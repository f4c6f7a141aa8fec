//! Laws of the definitions, each the contract of a function that does nothing.

ghost use Rattle.std.specs.Prelude.{◌≡◌, ◌≤◌, ◌*◌, ◌++◌, ◌∷◌, ℕ, List, [], Some};
ghost use Rattle.std.specs.List.{flat_map};
ghost use Rattle.nd_addr.specs.Bytes.{AreBytes};
ghost use Rattle.nd_table.specs.History.{Past};
ghost use Rattle.nd_chronicle.specs.Start.{Limits, Start};
ghost use Rattle.nd_chronicle.specs.Happening.{Sent};
ghost use Rattle.nd_chronicle.specs.Event as chronicle;
ghost use Rattle.nd_chronicle.specs.Event.{ComeAsBytes};
ghost use Rattle.nd_chronicle.specs.History.{IsChronicle};
ghost use Rattle.nd_chronicle.specs.Told.{items};
ghost use Rattle.nd_link_log.specs.Log.{Adds, Carries, Entry, Log, chronicle_of, nodes, sent, start_of};
ghost use Rattle.nd_link_log.specs.Event.{Event, max_nodes};
ghost use Rattle.nd_link_log.specs.Bytes.{AreOfBytes, SendsBytes};
ghost use Rattle.nd_link_log.specs.History.{IsLog, Runs};
ghost use Rattle.nd_link_log.specs.NodeHistory.{IsHistoryOf};
ghost use Rattle.nd_link_log.specs.Holding.{AllArrive, AllWait, Arrives, HasOneHolder, Holds, IsTimely};
ghost use Rattle.nd_link_log.specs.Losing.{LosesLittle};
ghost use Rattle.nd_link_log.specs.Sound.{IsSound};
ghost use Rattle.nd_link_log.specs.Told.{items_among, report_line, reports, text};

/// A number names one frame: of two that were sent with the same number both are the same one, with its sender and its moment.
pub fn one_frame()
    ensures { (log a b : Log) (i j at when : ℕ) (frame other : List ℕ) → Past (Adds i at (Sent frame) ∷ a) log → Past (Adds j when (Sent other) ∷ b) log
        → sent a ≡ sent b → Adds i at (Sent frame) ∷ a ≡ Adds j when (Sent other) ∷ b }
{}

/// A list of events has one log.
pub fn one_log()
    ensures { (limits : Limits) (events : List (ℕ × Event)) (c d : Log) → IsLog limits events c → IsLog limits events d → c ≡ d }
{}

/// Nothing that happened on a link is lost: with each further event its log only grows.
pub fn log_only_grows()
    ensures { (limits : Limits) (events : List (ℕ × Event)) (log d : Log) → Runs limits log events d → (newer : List Entry) × (d ≡ newer ++ log) }
{}

/// A link has at most sixteen nodes: a further one is refused.
pub fn few_nodes()
    ensures { (limits : Limits) (events : List (ℕ × Event)) (log : Log) → IsLog limits events log → nodes log ≤ max_nodes }
{}

/// The text of what is added to a log is after the text of what was there before.
pub fn text_only_grows()
    ensures { (newer log : List Entry) → text (newer ++ log) ≡ text log ++ text newer }
{}

/// What is reported of a link determines its text: that is the lines of the reports.
pub fn text_is_of_reports()
    ensures { (log : Log) → text log ≡ flat_map report_line (reports log) }
{}

/// What is reported of a node on a link is what is reported of its own chronicle: the frames that it sent, the messages that it heard with their
/// addresses and fields, the packets that it lost, and the words of all else.
pub fn reports_are_the_nodes()
    ensures { (log : Log) (node : ℕ) → items_among node (reports log) ≡ items (chronicle_of node log) }
{}

/// Each node of a link has a history of its own: its chronicle in the log is the one of that history, which is of bytes if the link's is.
pub fn nodes_have_histories()
    ensures { (limits : Limits) (events : List (ℕ × Event)) (log : Log) (node : ℕ) (start : Start) → IsLog limits events log → start_of node log ≡ Some start
        → (history : List (ℕ × chronicle.Event)) × IsChronicle start history (chronicle_of node log) × (AreOfBytes events → SendsBytes log → ComeAsBytes history) }
{}

/// Which history that is: every event on the link since the node started that wasn't too late, as its own event if it is for the node, as a
/// received frame if the link carries another node's frame to it, and otherwise as time that passes.
pub fn nodes_live_the_links_events()
    ensures { (limits : Limits) (events : List (ℕ × Event)) (log : Log) (node : ℕ) (start : Start) → IsLog limits events log → start_of node log ≡ Some start
        → (history : List (ℕ × chronicle.Event)) × IsHistoryOf limits node [] events history log × IsChronicle start history (chronicle_of node log) }
{}

/// The log of each link is sound: for any events in any order, its nodes and the link itself do what they owe.
pub fn links_are_sound()
    ensures { (limits : Limits) (events : List (ℕ × Event)) (log : Log) → AreOfBytes events → SendsBytes log → IsLog limits events log → IsSound log }
{}

/// On a timely link, at each place of its log, no address is preferred or deprecated at two nodes (RFC 4862, section 5.4). This follows from what
/// the nodes and the link owe alone: how a node gets an address, and the effect of a carried frame. So it holds on each link. It is the same for each
/// address, whether an advertisement formed it or it was given by hand.
pub fn one_holder()
    ensures where_sound { (log : Log) (within : ℕ) → IsSound log → IsTimely within log → HasOneHolder log }
    ensures on_links { (limits : Limits) (events : List (ℕ × Event)) (log : Log) (within : ℕ) → AreOfBytes events → SendsBytes log → IsLog limits events log
        → IsTimely within log → HasOneHolder log }
{}

/// On a link that loses frames no address is preferred or deprecated at two nodes either (RFC 4862, section 5.4), if in each attempt for an address
/// at least one solicitation reaches each other node that was on the link when the address was formed, and each answer to that delivery reaches the
/// node that asks, both in time. Anything else may be lost. A timely link is a case of it.
pub fn one_holder_where_frames_are_lost()
    ensures where_sound { (log : Log) (within : ℕ) → IsSound log → LosesLittle within log → HasOneHolder log }
    ensures on_links { (limits : Limits) (events : List (ℕ × Event)) (log : Log) (within : ℕ) → AreOfBytes events → SendsBytes log → IsLog limits events log
        → LosesLittle within log → HasOneHolder log }
    ensures timely { (log : Log) (within : ℕ) → IsSound log → IsTimely within log → LosesLittle within log }
{}

/// The premises can be met: on a log of two nodes that is sound and timely a frame was carried, and one of them holds an address.
pub fn premises_are_met()
    ensures { (start : Start) → start.at ≡ 0 → AreBytes 6 start.mac.0
        → (log : Log) × (key : ℕ) × (nodes log ≡ 2) × IsSound log × IsTimely 1 log × Arrives log 1 0 0 1 × Holds 0 key log }
{}

/// The bound is sharp: on a sound log where each frame arrives in 2 milliseconds and a tentative address waits for 4, two nodes hold an address.
pub fn bound_is_sharp()
    ensures { (start : Start) → start.at ≡ 0 → AreBytes 6 start.mac.0
        → (log : Log) × (key : ℕ) × IsSound log × AllArrive 2 log × AllWait (2 * 2) log × Holds 0 key log × Holds 1 key log }
{}

/// The premises can be met if frames are lost: on a sound log of two nodes only the second of three solicitations is carried, and the address is
/// held.
pub fn losses_are_borne()
    ensures { (start : Start) → start.at ≡ 0 → AreBytes 6 start.mac.0
        → (log : Log) × (key : ℕ) × (nodes log ≡ 2) × (sent log ≡ 3) × IsSound log × LosesLittle 1 log
        × ((node at number : ℕ) (before : Log) → Past (Carries node at number ∷ before) log → number ≡ 1) × Arrives log 1 1 4 1 × Holds 0 key log }
{}

/// The premise is needed: on a sound log where RetransTimer is more than twice the time in which the first node's frame arrives, and all three
/// solicitations of the second node are lost, both hold an address.
pub fn some_solicitation_has_to_arrive()
    ensures { (start : Start) → start.at ≡ 0 → AreBytes 6 start.mac.0
        → (log : Log) × (key : ℕ) × (nodes log ≡ 2) × (sent log ≡ 4) × IsSound log × AllWait 3 log
        × ((node at number : ℕ) (before : Log) → Past (Carries node at number ∷ before) log → number ≡ 0) × Arrives log 1 0 0 1 × Holds 0 key log × Holds 1 key log }
{}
-------
Select all lines in the listing that include the word "Told".

*Exercise output:*
ghost use Rattle.nd_chronicle.specs.Told.{items};
ghost use Rattle.nd_link_log.specs.Told.{items_among, report_line, reports, text};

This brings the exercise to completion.